— Exercise —
Since only part of the material below is wanted, output exactly the lines from the one with "at that fault." up to and including the one with "filename crates/refusal_reasons/src/wanted.rt".

Record excerpts START

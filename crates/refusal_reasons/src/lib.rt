//! What is told below a refusal: what was expected at its place and what was found, why a line is none of its file's format, and what the names of faults
//! and traps mean.
#![tactic(auto)]

mod ending;
mod events;
mod expressions;
mod grammar;
mod kind;
mod letters;
mod line;
mod line_words;
mod named;
mod near;
mod numbers;
mod scope;
mod script;
mod statements;
mod stop;
mod text_reason;
mod wanted;

pub use ending::Ending;
pub use events::Lines;
pub use letters::Letters;
pub use line::{ListKind, Refused, refused_line};
pub use line_words::{Field, LineReason};
pub use named::{NearNames, refusal_named};
pub use near::{Nearness, how_near};
pub use numbers::Counted;
pub use script::script_reason;
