// Why a text is refused.

ghost use Rattle.std.specs.Prelude.{◌≡◌};
ghost use Rattle.script_tokens.specs.declared.error.SyntaxError.TheVariants.{NoMemory};
ghost use Rattle.script_tokens.specs.Refusals.{refusal_number, refusal_span};

use crate::token::Span;
use std::alloc::{AllocError, AllocFailed};
use thiserror::Error;

/// Why a text is refused, and where. `From` is written by hand, since the causes that clauses tell apart have to pass through `?`.
#[derive(Clone, Copy, PartialEq, Eq, Debug, Drop, Error)]
pub enum SyntaxError {
    /// 1: a byte above 127.
    #[error("refused 1 at {}..{}: a byte above 127", .0.start, .0.end)]
    NotAscii(Span),
    /// 2: a byte or a word that is no token.
    #[error("refused 2 at {}..{}: a byte or a word that is no token", .0.start, .0.end)]
    BadToken(Span),
    /// 3: a token that the grammar does not allow there, or the end of the text.
    #[error("refused 3 at {}..{}: a token that the grammar does not allow there, or the end of the text", .0.start, .0.end)]
    Expected(Span),
    /// 4: a limit is passed.
    #[error("refused 4 at {}..{}: a limit is passed", .0.start, .0.end)]
    TooLarge(Span),
    /// 39: want of memory.
    #[error("refused 39: want of memory")]
    NoMemory,
}

impl SyntaxError {
    /// The refusal's number: 1 to 4, and 39 for want of memory.
    pub fn number(self) -> u16
        ensures { result ≡ refusal_number self }
    {
        match self {
            SyntaxError::NotAscii(_) => 1,
            SyntaxError::BadToken(_) => 2,
            SyntaxError::Expected(_) => 3,
            SyntaxError::TooLarge(_) => 4,
            SyntaxError::NoMemory => 39,
        }
    }

    /// Where the refusal's cause stands; want of memory stands nowhere.
    pub fn span(self) -> Option<Span>
        ensures { result ≡ refusal_span self }
    {
        match self {
            SyntaxError::NotAscii(span)
            | SyntaxError::BadToken(span)
            | SyntaxError::Expected(span)
            | SyntaxError::TooLarge(span) => Some(span),
            SyntaxError::NoMemory => None,
        }
    }
}

impl From<AllocError> for SyntaxError {
    ghost from_gives = { λ _ e. e ≡ NoMemory };

    fn from(_e: AllocError) -> SyntaxError {
        SyntaxError::NoMemory
    }
}

impl<T: Drop> From<AllocFailed<T>> for SyntaxError {
    ghost from_gives = { λ _ e. e ≡ NoMemory };

    fn from(_e: AllocFailed<T>) -> SyntaxError {
        SyntaxError::NoMemory
    }
}
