// Where a script that is refused is at fault, with what is told of it.

use script_syntax::Span;
use std::alloc::{AllocError, AllocFailed};

/// A fault of a script: its number, its place, and what is told of it, in lines that begin with four spaces and have a line feed between them.
#[derive(Drop)]
pub(crate) struct Fault {
    /// The refusal's number.
    pub(crate) code: u16,
    /// The place at fault, as the refusal names it.
    pub(crate) span: Span,
    /// What is told of it: no line, or more.
    pub(crate) told: String,
}

/// Why a walk through a script stops.
#[derive(Drop)]
pub(crate) enum Stop {
    Fault(Fault),
    /// Nothing is told: want of memory, or a script that goes too deep.
    Unsure,
}

impl From<AllocError> for Stop {
    fn from(_error: AllocError) -> Stop {
        Stop::Unsure
    }
}

impl<T: Drop> From<AllocFailed<T>> for Stop {
    fn from(_error: AllocFailed<T>) -> Stop {
        Stop::Unsure
    }
}

/// Stops the walk at that fault.
pub(crate) fn stop_at(code: u16, span: Span, told: String) -> Stop {
    Stop::Fault(Fault { code, span, told })
}
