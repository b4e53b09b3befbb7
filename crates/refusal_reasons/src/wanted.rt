// What is wanted of an expression's type, and what is told where it has another.

use crate::kind::Kind;
use crate::stop::{Stop, stop_at};
use script_syntax::Span;
use std::alloc::Global;
use std::fmt;

/// What is wanted of a type.
#[derive(Drop)]
pub(crate) enum Wanted {
    /// An `int`.
    Number,
    /// This type.
    Exactly(Kind),
    /// A type, or a reference to it.
    OrReference(Kind),
    /// A list of whatever items.
    List,
    /// A reference to whatever value.
    Reference,
    /// A type in which no reference stands.
    NoReference,
}

impl Wanted {
    fn is_met(&self, found: &Kind) -> bool {
        match self {
            Wanted::Number => found.is_number(),
            Wanted::Exactly(kind) => found.is(kind),
            Wanted::OrReference(kind) => found.is(kind) || found.is_reference_to(kind),
            Wanted::List => found.is_list(),
            Wanted::Reference => found.is_reference(),
            Wanted::NoReference => !found.has_reference(),
        }
    }
}

impl fmt::Display for Wanted {
    fn fmt<W: fmt::Write>(&self, f: &mut fmt::Formatter<W>) -> fmt::Result {
        match self {
            Wanted::Number => f.write_str("int"),
            Wanted::Exactly(kind) => write!(f, "{kind}"),
            Wanted::OrReference(kind) => write!(f, "{kind} or ref {kind}"),
            Wanted::List => f.write_str("a list"),
            Wanted::Reference => f.write_str("a reference"),
            Wanted::NoReference => f.write_str("a type with no ref in it"),
        }
    }
}

/// The type of an expression, where it is as it is wanted for that.
pub(crate) fn met(
    alloc: Global,
    found: Kind,
    wanted: Wanted,
    purpose: &'static str,
    span: Span,
) -> Result<Kind, Stop> {
    if wanted.is_met(&found) {
        return Ok(found);
    }
    let told = format!(in alloc; "    expected: {wanted}, {purpose}\n    found: {found}")?;
    Err(stop_at(11, span, told))
}
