// A text has one list of tokens at most, and what is written for tokens is read as them.

ghost use Rattle.std.specs.Prelude.{◌≡◌, ◌≤◌, ◌++◌, ◌∷◌, [], ℕ, List, length};
ghost use Rattle.script_tokens.specs.Tokens.{Token};
ghost use Rattle.script_tokens.specs.Spelling.{spell, spaced, line_text, text_of_lines, tokens_of_lines, AllTokens};
ghost use Rattle.script_tokens.specs.Texts.{AreTokens};

/// A text has at most one list of tokens.
pub fn one_reading()
    ensures { (text : List ℕ) (a b : List Token) → AreTokens text a → AreTokens text b → a ≡ b }
{}

/// What is read from a text can be written: its names are names, its numbers are in range.
pub fn read_are_tokens()
    ensures { (text : List ℕ) (tokens : List Token) → AreTokens text tokens → AllTokens tokens }
{}

/// Lines of tokens that are written have these tokens as text.
pub fn spelled_is_read()
    ensures { (lines : List (List Token)) → AllTokens (tokens_of_lines lines)
        → length (text_of_lines lines) ≤ 65536
        → AreTokens (text_of_lines lines) (tokens_of_lines lines) }
{}

/// Tokens that are each written with a space behind can be written in parts.
pub fn spaced_in_parts()
    ensures { (front back : List Token) → spaced (front ++ back) ≡ spaced front ++ spaced back }
{}

/// A line is its tokens, each with a space behind but the last, which has the line feed.
pub fn line_of_spaced()
    ensures { (tokens : List Token) (last : Token)
        → line_text (tokens ++ last ∷ []) ≡ spaced tokens ++ (spell last ++ 10 ∷ []) }
{}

Record excerpts END

— Completed exercise —
/// Stops the walk at that fault.
pub(crate) fn stop_at(code: u16, span: Span, told: String) -> Stop {
    Stop::Fault(Fault { code, span, told })
}
repository b4e53b09b3befbb7
filename crates/refusal_reasons/src/wanted.rt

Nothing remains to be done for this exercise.